How to complete this task - The entries should be given again in full. Alter nothing.

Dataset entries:
==========

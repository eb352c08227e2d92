// A clock over the system's.
ghost use Rattle.std.specs.Prelude.{◌≡◌, ◌-◌, ◌/◌, ◌≤◌, min, None, [], IfSome, MatchResult};
ghost use Rattle.std.specs.Duration.{as_nanos};
ghost use Rattle.ports.specs.Readings.{TellsReading};
ghost use Rattle.ports.specs.declared.clock.TheConstants.{LATEST};

use crate::clock::{Clock, LATEST};
use std::time::Duration;
use std::{io, rt};

/// A clock over the system's. If the system gives no time it repeats its last reading, and it
/// tells a time after `LATEST` as `LATEST`. It keeps no list of its readings.
#[derive(Drop)]
pub struct SystemClock<'a, R> {
    system: &'a R,
    latest: u64,
    ghost in_range: { latest ≤ LATEST },
}

impl<'a, R: rt::Clock> SystemClock<'a, R> {
    /// Makes a clock that reads this system and has told nothing yet.
    pub fn new(system: &'a R) -> Self
        ensures { ⟦<SystemClock<'a, R> as Clock>⟧.last result ≡ 0 }
    {
        SystemClock { system, latest: 0 }
    }
}

impl<R: rt::Clock> Clock for SystemClock<'_, R> {
    ghost last = { λ c. c.latest };

    ghost told = { λ _. None };

    fn now(&mut self) -> u64 {
        self.latest = seconds_of(self.system.since_1970(), self.latest);
        self.latest
    }

    fn twin(&self) -> Self {
        SystemClock::new(self.system)
    }
}

// The whole seconds of a time that the system gave, or the last reading if it gave none.
fn seconds_of(time: io::Result<Duration>, latest: u64) -> u64
    ensures { MatchResult time (λ since. result ≡ min (as_nanos since / 1_000_000_000) LATEST) (λ _. result ≡ latest) }
{
    match time {
        Ok(since) => since.as_secs().min(LATEST),
        Err(_) => latest,
    }
}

==========

Completed exercise -
repository eb352c08227e2d92
// A clock over the system's.
ghost use Rattle.std.specs.Prelude.{◌≡◌, ◌-◌, ◌/◌, ◌≤◌, min, None, [], IfSome, MatchResult};
ghost use Rattle.std.specs.Duration.{as_nanos};
ghost use Rattle.ports.specs.Readings.{TellsReading};
ghost use Rattle.ports.specs.declared.clock.TheConstants.{LATEST};

use crate::clock::{Clock, LATEST};
use std::time::Duration;
use std::{io, rt};

/// A clock over the system's. If the system gives no time it repeats its last reading, and it
/// tells a time after `LATEST` as `LATEST`. It keeps no list of its readings.
#[derive(Drop)]
pub struct SystemClock<'a, R> {
    system: &'a R,
    latest: u64,
    ghost in_range: { latest ≤ LATEST },
}

impl<'a, R: rt::Clock> SystemClock<'a, R> {
    /// Makes a clock that reads this system and has told nothing yet.
    pub fn new(system: &'a R) -> Self
        ensures { ⟦<SystemClock<'a, R> as Clock>⟧.last result ≡ 0 }
    {
        SystemClock { system, latest: 0 }
    }
}

impl<R: rt::Clock> Clock for SystemClock<'_, R> {
    ghost last = { λ c. c.latest };

    ghost told = { λ _. None };

    fn now(&mut self) -> u64 {
        self.latest = seconds_of(self.system.since_1970(), self.latest);
        self.latest
    }

    fn twin(&self) -> Self {
        SystemClock::new(self.system)
    }
}

// The whole seconds of a time that the system gave, or the last reading if it gave none.
fn seconds_of(time: io::Result<Duration>, latest: u64) -> u64
    ensures { MatchResult time (λ since. result ≡ min (as_nanos since / 1_000_000_000) LATEST) (λ _. result ≡ latest) }
{
    match time {
        Ok(since) => since.as_secs().min(LATEST),
        Err(_) => latest,
    }
}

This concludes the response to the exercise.